The Knesset debates on the budget began on Monday afternoon, and will continue through the week. The government must approve the 2015-2016 budget — which consist of four separate bills that must be approved in their second and third readings — by Thursday, or it will be forced to call fresh elections.
Herzog criticized the impending budget, saying it was overly generous to the settlements. He also accused the settler leadership of controlling the government.
“Prime Minister Netanyahu is not the acting prime minister and Kahlon is not the finance minister,” he said. “Smotrich is the prime minister,” Herzog added, referring to the Jewish Home MK Bezalel Smotrich, “and Hazan is the finance minister,” he said of Likud MK Oren Hazan.
This is another “empty budget,” he said. “Instead of going to the Negev and the Galilee, to improving the housing crisis, to the daycare centers, [the budget is going to] isolated settlements and obscure organizations of which it is unclear who heads them.”
On Sunday, the Knesset Joint Committee on the Defense Budget approved a 2016 defense budget of NIS 56.1 billion ($14.4 billion), in a compromise agreement reached between officials from the defense and finance ministries.

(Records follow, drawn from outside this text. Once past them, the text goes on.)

//! Why there are no settings or attempts.

use pg_errors::{Cause, Error};
use std::alloc::AllocError;

fn tell_key(cause: &str, key: &str, out: &mut String) -> Result<(), AllocError> {
    write!(out, " refused {cause} {key:?}")
}

fn tell_error(error: &Error, out: &mut String) -> Result<(), AllocError> {
    write!(out, " refused {error:?}")
}

/// Why there is no value. A key is told as a text.
pub(crate) fn tell(error: &Error, out: &mut String) -> Result<(), AllocError> {
    match error {
        Error::ConfigParse(Cause::UnknownOption(key)) => tell_key(
            "UnknownOption",
            key.as_str(),
            out,
        ),
        Error::ConfigParse(Cause::InvalidValue(key)) => tell_key("InvalidValue", key.as_str(), out),
        _ => tell_error(error, out),
    }
}
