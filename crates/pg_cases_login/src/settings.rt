//! Connection strings, and the settings that they say.

use crate::refusal;
use pg_cases::written;
use pg_config::{
    ChannelBinding, Config, IpAddr, LoadBalanceHosts, SslMode, SslNegotiation, TargetSessionAttrs,
};
use pg_errors::Error;
use pg_types::OutOfMemory;
use std::alloc::{AllocError, Global};
use std::fmt::Debug;

fn tell_text(name: &str, value: Option<&str>, out: &mut String) -> Result<(), AllocError> {
    match value {
        Some(value) => write!(out, " {name}={value:?}"),
        None => Ok(()),
    }
}

fn tell_number(name: &str, value: Option<u64>, out: &mut String) -> Result<(), AllocError> {
    match value {
        Some(value) => write!(out, " {name}={value}"),
        None => Ok(()),
    }
}

fn tell_password(password: Option<&[u8]>, out: &mut String) -> Result<(), AllocError> {
    let Some(password) = password else {
        return Ok(());
    };
    out.push_str(" password")?;
    written::tell(password, out)
}

fn tell_login(config: &Config, out: &mut String) -> Result<(), AllocError> {
    tell_text("user", config.get_user(), out)?;
    tell_password(config.get_password(), out)?;
    tell_text("dbname", config.get_dbname(), out)?;
    tell_text("options", config.get_options(), out)?;
    tell_text("application_name", config.get_application_name(), out)
}

fn tell_all<T: Debug>(name: &str, items: &[T], out: &mut String) -> Result<(), AllocError> {
    for item in items {
        write!(out, " {name}={item:?}")?;
    }
    Ok(())
}

fn tell_places(config: &Config, out: &mut String) -> Result<(), AllocError> {
    tell_all("host", config.get_hosts(), out)?;
    tell_all("hostaddr", config.get_hostaddrs(), out)?;
    tell_all("port", config.get_ports(), out)
}

/// A setting that isn't at its default.
fn tell_other<T: Debug>(
    name: &str,
    value: &T,
    is_default: bool,
    out: &mut String,
) -> Result<(), AllocError> {
    if is_default {
        return Ok(());
    }
    write!(out, " {name}={value:?}")
}

fn tell_keepalives(config: &Config, out: &mut String) -> Result<(), AllocError> {
    let keeps = config.get_keepalives();
    tell_other("keepalives", &keeps, keeps, out)?;
    let idle = config.get_keepalives_idle();
    tell_other("keepalives_idle", &idle, idle == 7200, out)?;
    tell_number("keepalives_interval", config.get_keepalives_interval(), out)?;
    let retries = config.get_keepalives_retries().map(u64::from);
    tell_number("keepalives_retries", retries, out)
}

fn tell_times(config: &Config, out: &mut String) -> Result<(), AllocError> {
    tell_number("connect_timeout", config.get_connect_timeout(), out)?;
    tell_number("tcp_user_timeout", config.get_tcp_user_timeout(), out)?;
    tell_keepalives(config, out)
}

fn tell_tls(config: &Config, out: &mut String) -> Result<(), AllocError> {
    let mode = config.get_ssl_mode();
    tell_other("ssl_mode", &mode, mode == SslMode::Prefer, out)?;
    let negotiation = config.get_ssl_negotiation();
    let is_default = negotiation == SslNegotiation::Postgres;
    tell_other("ssl_negotiation", &negotiation, is_default, out)
}

fn tell_choices(config: &Config, out: &mut String) -> Result<(), AllocError> {
    let attrs = config.get_target_session_attrs();
    tell_other(
        "target_session_attrs",
        &attrs,
        attrs == TargetSessionAttrs::Any,
        out,
    )?;
    let binding = config.get_channel_binding();
    tell_other(
        "channel_binding",
        &binding,
        binding == ChannelBinding::Prefer,
        out,
    )?;
    let order = config.get_load_balance_hosts();
    tell_other(
        "load_balance_hosts",
        &order,
        order == LoadBalanceHosts::Disable,
        out,
    )
}

/// The settings that aren't the defaults of upstream's documentation.
fn tell_settings(config: &Config, out: &mut String) -> Result<(), AllocError> {
    tell_login(config, out)?;
    tell_tls(config, out)?;
    tell_places(config, out)?;
    tell_times(config, out)?;
    tell_choices(config, out)
}

fn tell_read(read: &Result<Config, Error>, out: &mut String) -> Result<(), AllocError> {
    match read {
        Ok(config) => tell_settings(config, out),
        Err(error) => refusal::tell(error, out),
    }
}

/// What a connection string says.
pub(crate) fn tell(alloc: Global, text: &str, out: &mut String) -> Result<(), AllocError> {
    let read = Config::from_str(alloc, text);
    tell_read(&read, out)
}

/// The debug text of the settings of a connection string.
pub(crate) fn tell_debug(alloc: Global, text: &str, out: &mut String) -> Result<(), AllocError> {
    let read = Config::from_str(alloc, text);
    write!(out, " {read:?}")
}

fn set_login(alloc: Global, config: &mut Config) -> Result<(), OutOfMemory> {
    config.user(alloc, "app")?;
    config.password(alloc, b"pencil")?;
    config.dbname(alloc, "shop")?;
    config.options(alloc, "-c geqo=off")?;
    config.application_name(alloc, "demo")
}

fn set_places(alloc: Global, config: &mut Config) -> Result<(), OutOfMemory> {
    config.host(alloc, "host1")?;
    config.host_path(alloc, "/tmp")?;
    config.hostaddr(IpAddr::V4([127, 0, 0, 1]))?;
    config.port(1234)
}

fn set_rest(config: &mut Config) {
    config.ssl_mode(SslMode::Require);
    config.ssl_negotiation(SslNegotiation::Direct);
    config.connect_timeout(10);
    config.tcp_user_timeout(11);
    config.keepalives(false);
    config.keepalives_idle(12);
    config.keepalives_interval(13);
    config.keepalives_retries(14);
    config.target_session_attrs(TargetSessionAttrs::ReadWrite);
    config.channel_binding(ChannelBinding::Require);
    config.load_balance_hosts(LoadBalanceHosts::Random);
}

fn set_all(alloc: Global, config: &mut Config) -> Result<(), OutOfMemory> {
    set_login(alloc, config)?;
    set_places(alloc, config)?;
    set_rest(config);
    Ok(())
}

fn tell_copied(copy: &Result<Config, OutOfMemory>, out: &mut String) -> Result<(), AllocError> {
    match copy {
        Ok(copy) => tell_settings(copy, out),
        Err(OutOfMemory) => Err(AllocError),
    }
}

/// The settings that are told of a copy.
fn tell_copy(alloc: Global, config: &Config, out: &mut String) -> Result<(), AllocError> {
    let copy = config.copy(alloc);
    tell_copied(&copy, out)
}

fn tell_set(alloc: Global, config: &mut Config, out: &mut String) -> Result<(), AllocError> {
    match set_all(alloc, config) {
        Ok(()) => tell_copy(alloc, config, out),
        Err(OutOfMemory) => Err(AllocError),
    }
}

/// The settings of a copy, each made by the call for it.
pub(crate) fn tell_setters(alloc: Global, out: &mut String) -> Result<(), AllocError> {
    let mut config = Config::new(alloc);
    tell_set(alloc, &mut config, out)
}
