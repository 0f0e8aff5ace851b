//! Dialogues of SCRAM-SHA-256.

use pg_cases::words::{at, text_at};
use pg_cases::written;
use pg_scram::{ChannelBinding, ScramFault, ScramSha256, ScramSha256Final};
use pg_types::{Blob, OutOfMemory};
use std::alloc::{AllocError, Global};

// The password of RFC 7677, section 3.
const PASSWORD: &[u8] = b"pencil";

const NONCE: &[u8] = b"abcdefghijklmnopqrstuvwx";

// The server's first message where a case is about its last one. The salt is that of RFC 7677.
const CHALLENGE: &[u8] = b"r=abcdefghijklmnopqrstuvwxSERVER,s=W22ZaJ0SNY7soEsUEjb6gQ==,i=1";

fn tell_fault(fault: &ScramFault, out: &mut String) -> Result<(), AllocError> {
    match fault {
        ScramFault::ServerError(text) => write!(out, " refused ServerError {:?}", text.as_str()),
        _ => write!(out, " refused {fault:?}"),
    }
}

fn tell_end(end: &Result<(), ScramFault>, out: &mut String) -> Result<(), AllocError> {
    match end {
        Ok(()) => out.push_str(" accepted"),
        Err(fault) => tell_fault(fault, out),
    }
}

fn tell_finished(
    alloc: Global,
    last: ScramSha256Final,
    verdict: &[u8],
    out: &mut String,
) -> Result<(), AllocError> {
    let end = last.finish(alloc, verdict);
    tell_end(&end, out)
}

/// The client's last message, and what it says to the server's.
fn tell_last(
    alloc: Global,
    last: ScramSha256Final,
    verdict: &[u8],
    out: &mut String,
) -> Result<(), AllocError> {
    let told = written::tell(last.message(), out);
    tell_finished(alloc, last, verdict, out).and(told)
}

fn tell_reply(
    alloc: Global,
    reply: Result<ScramSha256Final, ScramFault>,
    verdict: &[u8],
    out: &mut String,
) -> Result<(), AllocError> {
    match reply {
        Ok(last) => tell_last(alloc, last, verdict, out),
        Err(fault) => tell_fault(&fault, out),
    }
}

/// The state with the client's first message.
fn opened(alloc: Global, binding: ChannelBinding) -> Result<ScramSha256, AllocError> {
    match ScramSha256::new(alloc, PASSWORD, binding, NONCE) {
        Ok(scram) => Ok(scram),
        Err(_) => Err(AllocError),
    }
}

fn tell_under(
    alloc: Global,
    binding: ChannelBinding,
    challenge: &[u8],
    verdict: &[u8],
    out: &mut String,
) -> Result<(), AllocError> {
    let scram = opened(alloc, binding)?;
    let told = written::tell(scram.message(), out);
    tell_reply(alloc, scram.update(alloc, challenge), verdict, out).and(told)
}

fn binding_of(alloc: Global, name: &str, hash: &[u8]) -> Result<ChannelBinding, OutOfMemory> {
    match name {
        "unsupported" => Ok(ChannelBinding::Unsupported),
        "unrequested" => Ok(ChannelBinding::Unrequested),
        _ => Ok(ChannelBinding::TlsServerEndPoint(Blob::from_slice(alloc, hash)?)),
    }
}

/// What the client says and how the dialogue ends: the binding, the server's two messages, and the hash of
/// its certificate where the binding has one.
pub(crate) fn tell(alloc: Global, words: &[Vec<u8>], out: &mut String) -> Result<(), AllocError> {
    match binding_of(alloc, text_at(words, 1), at(words, 4)) {
        Ok(binding) => tell_under(alloc, binding, at(words, 2), at(words, 3), out),
        Err(OutOfMemory) => Err(AllocError),
    }
}

fn tell_taken(
    reply: &Result<ScramSha256Final, ScramFault>,
    out: &mut String,
) -> Result<(), AllocError> {
    match reply {
        Ok(_) => out.push_str(" taken"),
        Err(fault) => tell_fault(fault, out),
    }
}

/// Whether the server's first message is taken.
pub(crate) fn tell_challenge(
    alloc: Global,
    challenge: &[u8],
    out: &mut String,
) -> Result<(), AllocError> {
    let scram = opened(alloc, ChannelBinding::Unsupported)?;
    let reply = scram.update(alloc, challenge);
    tell_taken(&reply, out)
}

fn tell_judged(
    alloc: Global,
    reply: Result<ScramSha256Final, ScramFault>,
    verdict: &[u8],
    out: &mut String,
) -> Result<(), AllocError> {
    match reply {
        Ok(last) => tell_finished(alloc, last, verdict, out),
        Err(fault) => tell_fault(&fault, out),
    }
}

/// Whether the server's last message is accepted.
pub(crate) fn tell_verdict(
    alloc: Global,
    verdict: &[u8],
    out: &mut String,
) -> Result<(), AllocError> {
    let scram = opened(alloc, ChannelBinding::Unsupported)?;
    tell_judged(alloc, scram.update(alloc, CHALLENGE), verdict, out)
}
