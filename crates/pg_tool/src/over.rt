//! Which link the program's words ask for.

ghost use Rattle.std.specs.Prelude.{◌≡◌, ◌↔◌, IsTrue, map, string_bytes};
ghost use Rattle.pg_tool.specs.Words.{AsksOver, IsPipe, play};

/// The link that a session text is played over.
#[derive(Clone, Copy, Debug, PartialEq, Eq, Drop)]
pub(crate) enum Over {
    /// The text's own.
    Own,
    /// The one that was handed in.
    Handed,
}

/// What the words ask for; None where they are none of the program's.
pub(crate) fn asked_link(words: &[String]) -> Option<Over>
    ensures { AsksOver (map string_bytes words.now) result }
{
    if is_play(words) {
        return Some(Over::Own);
    }
    if is_pipe(words) {
        return Some(Over::Handed);
    }
    None
}

/// The words are `play` alone.
fn is_play(words: &[String]) -> bool
    ensures { IsTrue result ↔ (map string_bytes words.now ≡ play) }
{
    match words {
        [word] => word.as_str() == "play",
        _ => false,
    }
}

/// The words are `pipe` and two more.
fn is_pipe(words: &[String]) -> bool
    ensures { IsTrue result ↔ IsPipe (map string_bytes words.now) }
{
    match words {
        [word, _, _] => word.as_str() == "pipe",
        _ => false,
    }
}
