//! The link and the connector of a case.

use crate::connector::Connector;
use pg_cases::words::text;
use pg_types::{Blob, OutOfMemory};
use pg_wire::MemoryLink;
use std::alloc::{AllocError, Global};

/// How many bytes a link gives or takes at once.
const PIECE: usize = 8192;

/// The words before and behind the first `:`.
fn split(words: &[Vec<u8>]) -> (&[Vec<u8>], &[Vec<u8>]) {
    for place in 0..words.len() {
        if text(words[place].as_slice()) == ":" {
            return (&words[..place], &words[place + 1..]);
        }
    }
    (words, &[])
}

/// A link that gives these words, each behind a frame that gives the turn, and takes all.
fn link_of(alloc: Global, words: &[Vec<u8>]) -> Result<MemoryLink, AllocError> {
    let mut plan = Vec::new(alloc);
    for word in words {
        plan.push(Vec::from_slice(alloc, word.as_slice())?)?;
    }
    Ok(MemoryLink::new(alloc, plan, PIECE, PIECE, false))
}

/// The connector that a word names, over a stream that gives these words.
fn connector_of(alloc: Global, word: &[u8], inside: &[Vec<u8>]) -> Result<Connector, AllocError> {
    let hash = match word {
        [b'=', hash @ ..] => match Blob::from_slice(alloc, hash) {
            Ok(hash) => Some(hash),
            Err(OutOfMemory) => return Err(AllocError),
        },
        _ => None,
    };
    let fails = text(word) == "fails";
    Ok(Connector {
        can_connect: text(word) != "none",
        inside: if fails {
            None
        } else {
            Some(link_of(alloc, inside)?)
        },
        hash,
    })
}

/// The link and the connector: the connector's word, and what the server gives without and inside TLS, with `:` between.
pub(crate) fn read(
    alloc: Global,
    connector: &[u8],
    words: &[Vec<u8>],
) -> Result<(MemoryLink, Connector), AllocError> {
    let (outside, inside) = split(words);
    Ok((
        link_of(alloc, outside)?,
        connector_of(alloc, connector, inside)?,
    ))
}
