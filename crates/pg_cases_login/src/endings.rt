//! How a case ends: what the links took, and the error.

use crate::connector::{Connector, Stream};
use pg_cases::written;
use pg_errors::Error;
use pg_open::{ConnectTls, MaybeTls, Stage};
use pg_wire::MemoryLink;
use std::alloc::AllocError;

/// What a link took.
pub(crate) fn tell_link(link: &MemoryLink, out: &mut String) -> Result<(), AllocError> {
    out.push_str(" took")?;
    written::tell(link.taken(), out)
}

/// What a link took, if it is there.
pub(crate) fn tell_left(link: &Option<MemoryLink>, out: &mut String) -> Result<(), AllocError> {
    match link {
        Some(link) => tell_link(link, out),
        None => Ok(()),
    }
}

/// What the link took, and then the stream over it.
pub(crate) fn tell_chosen(
    link: &MaybeTls<MemoryLink, Stream>,
    out: &mut String,
) -> Result<(), AllocError> {
    match link {
        MaybeTls::Raw(link) => tell_link(link, out),
        MaybeTls::Tls(stream) => {
            tell_left(&stream.under, out)?;
            out.push_str(" tls")?;
            tell_link(&stream.inside, out)
        }
    }
}

/// What the link took in a choice of TLS, unless a handshake has it.
pub(crate) fn tell_choice(
    choice: &ConnectTls<MemoryLink, Connector>,
    out: &mut String,
) -> Result<(), AllocError> {
    match &choice.stage {
        Stage::Fresh(link, _) => tell_link(link, out),
        Stage::Asking(question) => tell_link(&question.link, out),
        Stage::Shaking(_, _) => Ok(()),
        Stage::Over(link) => tell_left(link, out),
    }
}

/// An error.
pub(crate) fn tell_error(error: &Error, out: &mut String) -> Result<(), AllocError> {
    write!(out, " refused {error:?}")
}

The defense budget passed by a vote of 8-4 in the committee, and will be added to the broader state budget bill that the Knesset will be considering throughout the week. The defense budget includes the army and Defense Ministry, but excludes other security services such as the Shin Bet and Mossad. Netanyahu praised the defense budget, saying that in all his years as prime minister and finance minister, this was the first time that such an agreement had been reached. He called it “a proper budget not only for 2016, but also for what will be presented soon, a multi-year plan for the IDF.”